#### [WHAT YOU HAVE TO DO]
Among the entries below, please show each line that carries the word "there".

____

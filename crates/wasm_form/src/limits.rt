ghost use Rattle.wasm_form.specs.Limits.{LimitsAreThese};

/// The most types of a module.
pub const MOST_TYPES: u32 = 10_000;
/// The most functions that a module defines.
pub const MOST_FUNCTIONS: u32 = 10_000;
/// The most globals of a module.
pub const MOST_GLOBALS: u32 = 100;
/// The most exports of a module.
pub const MOST_EXPORTS: u32 = 10_000;
/// The most parameters of a type.
pub const MOST_PARAMETERS: u32 = 64;
/// The most locals of a function, its parameters counted.
pub const MOST_LOCALS: u32 = 4_400;
/// The most blocks, loops and ifs that stand in one another.
pub const MOST_LABELS: u32 = 1_024;
/// The most labels of a `br_table`, its default not counted.
pub const MOST_TARGETS: u32 = 4_096;
/// The largest least size of a table, in elements.
pub const MOST_TABLE: u32 = 16_384;
/// The largest least size of a memory, in pages of `PAGE` bytes.
pub const MOST_PAGES: u32 = 272;
/// The bytes of a page (Core 1.0, 4.2.8).
pub const PAGE: u32 = 65_536;
/// The most frames of a run: a call that would make one more traps with code 3.
pub const MOST_FRAMES: u32 = 1_001;
/// The most operands of a run, of all frames: a push that would make one more traps with code 17.
pub const MOST_OPERANDS: u32 = 1_048_576;

/// The constants are the numbers that the definitions name.
pub fn limits_are_these()
    ensures { LimitsAreThese }
{}

/// A limit of a module that is passed.
#[derive(Clone, Copy, Debug, PartialEq, Eq)]
pub enum ModuleLimit {
    Types,
    Functions,
    Globals,
    Exports,
    Parameters,
    Locals,
    Labels,
    Targets,
    Table,
    Pages,
}

/// What Core 1.0 has and the profile has not.
#[derive(Clone, Copy, Debug, PartialEq, Eq)]
pub enum Outside {
    /// A type or an instruction of floating point.
    Float,
    /// A start function.
    Start,
    /// An import other than the six, or one of them again.
    Import,
    /// A global that an initial or offset expression reads.
    Global,
}
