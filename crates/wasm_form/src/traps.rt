//! The codes of the traps that the machine itself makes, all with the offset 0.

ghost use Rattle.wasm_form.specs.Limits.{TrapCodesAreThese};

/// A call would make one frame too many.
pub const TOO_MANY_FRAMES: u32 = 3;
/// `unreachable` was executed.
pub const UNREACHABLE: u32 = 10;
/// An access reaches past the memory.
pub const PAST_MEMORY: u32 = 11;
/// An integer is divided by zero.
pub const DIVISION_BY_ZERO: u32 = 12;
/// A quotient does not fit its type.
pub const DIVISION_OVERFLOW: u32 = 13;
/// `call_indirect` names a place past the table.
pub const PAST_TABLE: u32 = 14;
/// `call_indirect` names an empty element.
pub const EMPTY_ELEMENT: u32 = 15;
/// `call_indirect` names a function of another type.
pub const OTHER_TYPE: u32 = 16;
/// A push would make one operand too many.
pub const TOO_MANY_OPERANDS: u32 = 17;
/// The machine is stuck: an operand is missing or of another type, an index names nothing, or a
/// function's end is reached with other values than its result.
pub const STUCK: u32 = 18;

/// The constants are the numbers that the definitions name.
pub fn trap_codes_are_these()
    ensures { TrapCodesAreThese }
{}
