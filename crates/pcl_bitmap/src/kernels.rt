//! Where rows of bytes change: 32 bytes at a time, and the rest byte by byte.

ghost use Rattle.std.specs.Prelude.{◌≡◌, ◌≢◌, ◌↔◌, ℕ, ◌+◌, ◌-◌, ◌*◌, ◌^◌, ◌<◌, ◌≤◌, min, length, slice_index, All, IsTrue};
ghost use Rattle.std.specs.Int.{bit_at};
ghost use Rattle.pcl_bitmap.specs.Kernels.{IsFirstDifference, IsRunEnd, IsTrimmedLen};

use std::simd::prelude::*;

/// The first place where two rows of one length differ, or their length. The last 32 bytes may go over some
/// again that are the same.
pub fn first_difference(a: &[u8], b: &[u8]) -> usize
    requires { length a.now ≡ length b.now }
    ensures { IsFirstDifference a.now b.now result }
{
    let mut place = 0;
    while a.len() - place >= 32 {
        let same = same_lanes(a, b, place);
        if same < 32 {
            return place + same;
        }
        place += 32;
    }
    if a.len() >= 32 {
        let last = a.len() - 32;
        let count = same_lanes(a, b, last);
        return last + count;
    }
    while place < a.len() && a[place] == b[place] {
        place += 1;
    }
    place
}

/// The first place after `from` whose byte differs from the byte there, or the row's length.
pub fn run_end(row: &[u8], from: usize) -> usize
    requires { from < length row.now }
    ensures { IsRunEnd row.now from result }
{
    let byte = row[from];
    let mut place = from + 1;
    while row.len() - place >= 32 {
        let run = lanes_of(row, byte, place);
        if run < 32 {
            return place + run;
        }
        place += 32;
    }
    while place < row.len() && row[place] == byte {
        place += 1;
    }
    place
}

/// How many bits a row has, up to as many as the type counts.
pub fn bits_of(row: &[u8]) -> u32
    ensures { result ≡ min (8 * length row.now) (2 ^ 32 - 1) }
{
    u32::try_from(row.len().saturating_mul(8)).unwrap_or(u32::MAX)
}

/// The length of a row without the zero bytes at its end.
pub fn trimmed_len(row: &[u8]) -> usize
    ensures { IsTrimmedLen row.now result }
{
    let mut len = row.len();
    while len >= 32 && lanes_of(row, 0, len - 32) == 32 {
        len -= 32;
    }
    while len > 0 && row[len - 1] == 0 {
        len -= 1;
    }
    len
}

/// Whether every bit of `bytes` is clear.
pub fn is_zero(bytes: &[u8]) -> bool
    ensures { IsTrue result ↔ All (λ byte. byte ≡ 0) bytes.now }
{
    trimmed_len(bytes) == 0
}

// How many of the 32 bytes from `at` on stand ahead of the first that differs.
fn same_lanes(a: &[u8], b: &[u8], at: usize) -> usize
    requires first { at + 32 ≤ length a.now }
    requires second { at + 32 ≤ length b.now }
    ensures within { result ≤ 32 }
    ensures same { (k : ℕ) → k < result → slice_index a.now (at + k) ≡ slice_index b.now (at + k) }
    ensures differs { result < 32 → slice_index a.now (at + result) ≢ slice_index b.now (at + result) }
{
    lanes_before(u8x32::from_slice(&a[at..]), u8x32::from_slice(&b[at..]))
}

// How many of the 32 bytes from `at` on stand ahead of the first that is another one than `byte`.
fn lanes_of(row: &[u8], byte: u8, at: usize) -> usize
    requires { at + 32 ≤ length row.now }
    ensures within { result ≤ 32 }
    ensures same { (k : ℕ) → k < result → slice_index row.now (at + k) ≡ byte }
    ensures differs { result < 32 → slice_index row.now (at + result) ≢ byte }
{
    lanes_before(u8x32::from_slice(&row[at..]), u8x32::splat(byte))
}

// How many lanes stand ahead of the first that differs.
#[inline(always)]
fn lanes_before(a: u8x32, b: u8x32) -> usize
    ensures within { result ≤ 32 }
    ensures same { (k : ℕ) → k < result → slice_index a k ≡ slice_index b k }
    ensures differs { result < 32 → slice_index a result ≢ slice_index b result }
{
    first_set(a.simd_ne(b).to_bitmask())
}

// The lowest bit that is set, or 32.
#[inline(always)]
fn first_set(mask: u64) -> usize
    ensures within { result ≤ 32 }
    ensures clear { (k : ℕ) → k < result → bit_at mask k ≡ 0 }
    ensures set { result < 32 → bit_at mask result ≡ 1 }
{
    mask.trailing_zeros().min(32) as usize
}
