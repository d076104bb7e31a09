//! Runs of bits in lists of bytes. Bit 0 of a list is the highest bit of its first byte.

ghost use Rattle.std.specs.Prelude.{◌≡◌, ℕ, ◌+◌, ◌-◌, ◌*◌, ◌/◌, ◌%◌, ◌^◌, ◌<◌, ◌≤◌, nat_le, nat_lt, ◌&&◌, ◌||◌, length, slice_index, All, bit_and};
ghost use Rattle.pcl_bitmap.specs.Bitmap.{bit_of_byte, dot_of_row};
ghost use Rattle.pcl_bitmap.specs.Dots.{in_run, run_dot};

/// The byte at `index`, 0 past the end.
pub fn byte_at(source: &[u8], index: usize) -> u8
    ensures { result ≡ slice_index source.now index }
{
    source.get(index).copied().unwrap_or(0)
}

// Eight bits of `source`, from bit `8 * index - shift` on. Before its first bit and past its last
// they are 0.
fn shifted_byte(source: &[u8], index: usize, shift: usize) -> u8
    requires { shift < 8 }
    ensures { (k : ℕ) → k < 8 → let place = 8 * index + k in
        bit_of_byte result k ≡ (nat_le shift place && dot_of_row source.now (place - shift)) }
{
    let before = if index > 0 {
        byte_at(source, index - 1)
    } else {
        0
    };
    bits_of_pair(before, byte_at(source, index), shift)
}

/// Eight bits of two bytes, the last of them `shift` bits before the end of the second.
pub fn bits_of_pair(first: u8, second: u8, shift: usize) -> u8
    requires { shift ≤ 8 }
    ensures { result ≡ bit_and ((first * 256 + second) / 2 ^ shift) 255 }
{
    let pair = u16::from(first) * 256 + u16::from(second);
    ((pair >> shift) & 0xFF) as u8
}

/// A byte whose first `count` bits are set, all where there are more.
pub fn leading_ones(count: usize) -> u8
    ensures { (k : ℕ) → k < 8 → bit_of_byte result k ≡ nat_lt k count }
{
    if count < 8 { !(0xFF >> count) } else { 0xFF }
}

/// Sets the bits of `target` from bit `from` up to bit `end` where `source` has a bit set, the first
/// bit of `source` at `from`. Bits past the end of `source` count as clear.
pub fn or_bits(target: &mut [u8], from: usize, end: usize, source: &[u8])
    requires { end ≤ 8 * length target.old }
    ensures bits { (k : ℕ) → dot_of_row target.new k ≡ (run_dot from end source.now k || dot_of_row target.old k) }
    ensures in_bytes { All (λ byte. byte < 256) target.new }
{
    if end.saturating_sub(from) <= 8 {
        or_short(target, from, end, source);
    } else {
        or_long(target, from, end, source);
    }
}

// As `or_bits`, of a run that has eight bits at most.
fn or_short(target: &mut [u8], from: usize, end: usize, source: &[u8])
    requires room { end ≤ 8 * length target.old }
    requires short { end ≤ from + 8 }
    ensures bits { (k : ℕ) → dot_of_row target.new k ≡ (run_dot from end source.now k || dot_of_row target.old k) }
    ensures in_bytes { All (λ byte. byte < 256) target.new }
{
    if from >= end {
        return;
    }
    let first = from / 8;
    or_byte(target, first, from, end, source);
    if end.div_ceil(8) > first + 1 {
        or_byte(target, first + 1, from, end, source);
    }
}

// As `or_bits`, of a run that may be of any length.
fn or_long(target: &mut [u8], from: usize, end: usize, source: &[u8])
    requires { end ≤ 8 * length target.old }
    ensures bits { (k : ℕ) → dot_of_row target.new k ≡ (run_dot from end source.now k || dot_of_row target.old k) }
    ensures in_bytes { All (λ byte. byte < 256) target.new }
{
    let whole = whole_bytes(from, end, source.len());
    if whole > 0 {
        or_bytes(target, from / 8, &source[..whole]);
    }
    or_shifted(target, from + 8 * whole, end, &source[whole..]);
}

// How many of the `len` bytes of a source lie whole in the run and on bytes of the target.
fn whole_bytes(from: usize, end: usize, len: usize) -> usize
    ensures within { result ≤ len }
    ensures in_run { 0 < result → from + 8 * result ≤ end }
    ensures aligned { 0 < result → from % 8 ≡ 0 }
{
    if from % 8 == 0 {
        (end / 8).saturating_sub(from / 8).min(len)
    } else {
        0
    }
}

// Sets the bits of `target` from byte `at` on where `source` has a bit set.
fn or_bytes(target: &mut [u8], at: usize, source: &[u8])
    requires { at + length source.now ≤ length target.old }
    ensures { (k : ℕ) → dot_of_row target.new k
        ≡ (run_dot (8 * at) (8 * (at + length source.now)) source.now k || dot_of_row target.old k) }
{
    for (i, byte) in source.iter().enumerate() {
        target[at + i] |= *byte;
    }
}

// As `or_bits`, byte by byte: those between the ends of the run, which have eight bits of `source`, without a test.
fn or_shifted(target: &mut [u8], from: usize, end: usize, source: &[u8])
    requires { end ≤ 8 * length target.old }
    ensures bits { (k : ℕ) → dot_of_row target.new k ≡ (run_dot from end source.now k || dot_of_row target.old k) }
    ensures in_bytes { All (λ byte. byte < 256) target.new }
{
    if from >= end || source.is_empty() {
        return;
    }
    let first = from / 8;
    let tail = (first + source.len()).min(end / 8).max(first + 1);
    or_part(target, first, first + 1, from, end, source);
    or_pairs(target, first + 1, tail, from, source);
    or_part(target, tail, end.div_ceil(8), from, end, source);
}

// Sets the bits of the run of `or_bits` that lie in the bytes of `target` from `first` up to `last`.
fn or_part(target: &mut [u8], first: usize, last: usize, from: usize, end: usize, source: &[u8])
    requires start { from / 8 ≤ first }
    requires order { first ≤ last }
    requires stop { 8 * last < end + 8 }
    requires room { last ≤ length target.old }
    ensures { (k : ℕ) → dot_of_row target.new k
        ≡ ((in_run (8 * first) (8 * last) k && run_dot from end source.now k) || dot_of_row target.old k) }
{
    for i in first..last {
        or_byte(target, i, from, end, source);
    }
}

// The same of byte `i` alone.
fn or_byte(target: &mut [u8], i: usize, from: usize, end: usize, source: &[u8])
    requires start { from / 8 ≤ i }
    requires stop { 8 * i < end }
    requires room { i < length target.old }
    ensures { (k : ℕ) → dot_of_row target.new k
        ≡ ((in_run (8 * i) (8 * (i + 1)) k && run_dot from end source.now k) || dot_of_row target.old k) }
{
    target[i] |= shifted_byte(source, i - from / 8, from % 8) & leading_ones(end - 8 * i);
}

// The same of bytes that have eight bits of two bytes of `source` each.
fn or_pairs(target: &mut [u8], first: usize, last: usize, from: usize, source: &[u8])
    requires start { from / 8 < first }
    requires order { first ≤ last }
    requires stop { last ≤ from / 8 + length source.now }
    requires room { last ≤ length target.old }
    ensures { (k : ℕ) → dot_of_row target.new k
        ≡ ((in_run (8 * first) (8 * last) k && dot_of_row source.now (k - from)) || dot_of_row target.old k) }
{
    for i in first..last {
        let place = i - from / 8;
        target[i] |= bits_of_pair(source[place - 1], source[place], from % 8);
    }
}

____

#### [ANSWER SPACE]
/// The first place after `from` whose byte differs from the byte there, or the row's length.
/// A byte whose first `count` bits are set, all where there are more.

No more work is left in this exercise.